### What to do
Check each line of the records below for the word "Global" and copy those where it appears.

### Material for the task
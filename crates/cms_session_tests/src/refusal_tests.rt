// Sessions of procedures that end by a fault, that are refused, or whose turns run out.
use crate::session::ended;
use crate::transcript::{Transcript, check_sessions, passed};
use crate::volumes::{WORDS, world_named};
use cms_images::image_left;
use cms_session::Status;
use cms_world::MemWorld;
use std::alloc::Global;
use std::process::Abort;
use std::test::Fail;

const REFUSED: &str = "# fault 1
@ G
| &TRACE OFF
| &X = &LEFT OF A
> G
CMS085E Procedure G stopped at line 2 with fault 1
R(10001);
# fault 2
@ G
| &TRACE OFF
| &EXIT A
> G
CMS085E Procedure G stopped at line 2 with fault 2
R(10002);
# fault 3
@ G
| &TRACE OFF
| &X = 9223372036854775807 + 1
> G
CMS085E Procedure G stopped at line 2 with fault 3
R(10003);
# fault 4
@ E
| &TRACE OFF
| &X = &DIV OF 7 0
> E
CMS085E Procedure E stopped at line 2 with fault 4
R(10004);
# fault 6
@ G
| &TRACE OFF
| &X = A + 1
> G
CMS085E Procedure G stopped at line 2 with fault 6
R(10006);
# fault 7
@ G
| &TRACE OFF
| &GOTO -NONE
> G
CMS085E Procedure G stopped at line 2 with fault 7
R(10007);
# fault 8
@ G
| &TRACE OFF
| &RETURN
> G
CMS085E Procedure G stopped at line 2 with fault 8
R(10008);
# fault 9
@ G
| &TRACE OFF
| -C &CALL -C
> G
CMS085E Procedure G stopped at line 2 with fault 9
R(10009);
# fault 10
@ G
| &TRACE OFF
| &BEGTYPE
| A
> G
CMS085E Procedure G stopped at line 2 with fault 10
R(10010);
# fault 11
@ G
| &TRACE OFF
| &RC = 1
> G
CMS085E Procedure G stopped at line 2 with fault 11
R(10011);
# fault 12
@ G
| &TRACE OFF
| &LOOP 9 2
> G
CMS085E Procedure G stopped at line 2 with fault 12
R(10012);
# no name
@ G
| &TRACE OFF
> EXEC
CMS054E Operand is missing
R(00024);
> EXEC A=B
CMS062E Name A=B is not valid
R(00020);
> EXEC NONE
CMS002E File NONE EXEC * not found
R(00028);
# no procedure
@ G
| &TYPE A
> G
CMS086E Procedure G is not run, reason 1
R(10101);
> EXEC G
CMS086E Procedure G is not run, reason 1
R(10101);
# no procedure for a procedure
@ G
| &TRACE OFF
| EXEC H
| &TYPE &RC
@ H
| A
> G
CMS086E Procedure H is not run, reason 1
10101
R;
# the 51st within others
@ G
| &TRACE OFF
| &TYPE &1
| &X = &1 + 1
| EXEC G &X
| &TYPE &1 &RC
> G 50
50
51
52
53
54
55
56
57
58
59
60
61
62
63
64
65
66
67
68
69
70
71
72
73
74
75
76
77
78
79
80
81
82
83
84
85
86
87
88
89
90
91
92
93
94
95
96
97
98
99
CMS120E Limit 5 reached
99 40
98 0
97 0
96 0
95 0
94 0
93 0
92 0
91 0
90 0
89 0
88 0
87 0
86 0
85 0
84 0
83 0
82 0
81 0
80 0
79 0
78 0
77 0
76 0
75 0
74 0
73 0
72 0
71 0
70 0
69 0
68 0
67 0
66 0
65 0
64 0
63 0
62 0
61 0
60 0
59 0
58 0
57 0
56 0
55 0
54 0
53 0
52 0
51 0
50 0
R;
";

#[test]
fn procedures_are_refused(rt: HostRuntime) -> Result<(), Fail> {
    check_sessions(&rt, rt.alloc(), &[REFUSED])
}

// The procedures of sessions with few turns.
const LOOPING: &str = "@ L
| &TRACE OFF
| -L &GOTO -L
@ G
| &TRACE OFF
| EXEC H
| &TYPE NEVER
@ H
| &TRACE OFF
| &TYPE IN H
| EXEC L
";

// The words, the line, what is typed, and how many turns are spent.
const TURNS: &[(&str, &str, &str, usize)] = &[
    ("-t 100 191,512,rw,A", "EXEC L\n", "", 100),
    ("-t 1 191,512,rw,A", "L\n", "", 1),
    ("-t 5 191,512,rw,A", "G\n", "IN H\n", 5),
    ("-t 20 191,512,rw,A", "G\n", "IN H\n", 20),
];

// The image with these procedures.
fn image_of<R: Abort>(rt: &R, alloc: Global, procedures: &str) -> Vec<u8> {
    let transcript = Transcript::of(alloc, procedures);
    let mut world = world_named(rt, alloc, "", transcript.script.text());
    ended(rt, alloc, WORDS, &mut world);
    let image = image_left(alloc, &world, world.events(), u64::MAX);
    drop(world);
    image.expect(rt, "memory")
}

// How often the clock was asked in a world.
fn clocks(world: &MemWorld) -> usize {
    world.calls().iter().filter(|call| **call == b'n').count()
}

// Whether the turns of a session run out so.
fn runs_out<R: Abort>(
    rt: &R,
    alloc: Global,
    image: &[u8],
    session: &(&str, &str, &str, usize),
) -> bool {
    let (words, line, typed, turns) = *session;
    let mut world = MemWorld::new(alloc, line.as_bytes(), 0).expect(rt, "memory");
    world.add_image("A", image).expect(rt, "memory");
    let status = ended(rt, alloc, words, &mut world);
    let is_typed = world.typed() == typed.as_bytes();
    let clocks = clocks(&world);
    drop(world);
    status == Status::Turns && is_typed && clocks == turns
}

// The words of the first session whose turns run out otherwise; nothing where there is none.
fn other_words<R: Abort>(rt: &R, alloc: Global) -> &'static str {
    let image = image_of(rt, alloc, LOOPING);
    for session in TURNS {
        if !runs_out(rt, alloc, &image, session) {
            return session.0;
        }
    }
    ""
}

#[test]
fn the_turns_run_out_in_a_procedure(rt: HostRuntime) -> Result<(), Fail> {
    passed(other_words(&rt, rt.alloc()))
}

### Your solution
use std::alloc::Global;
fn image_of<R: Abort>(rt: &R, alloc: Global, procedures: &str) -> Vec<u8> {
    alloc: Global,
fn other_words<R: Abort>(rt: &R, alloc: Global) -> &'static str {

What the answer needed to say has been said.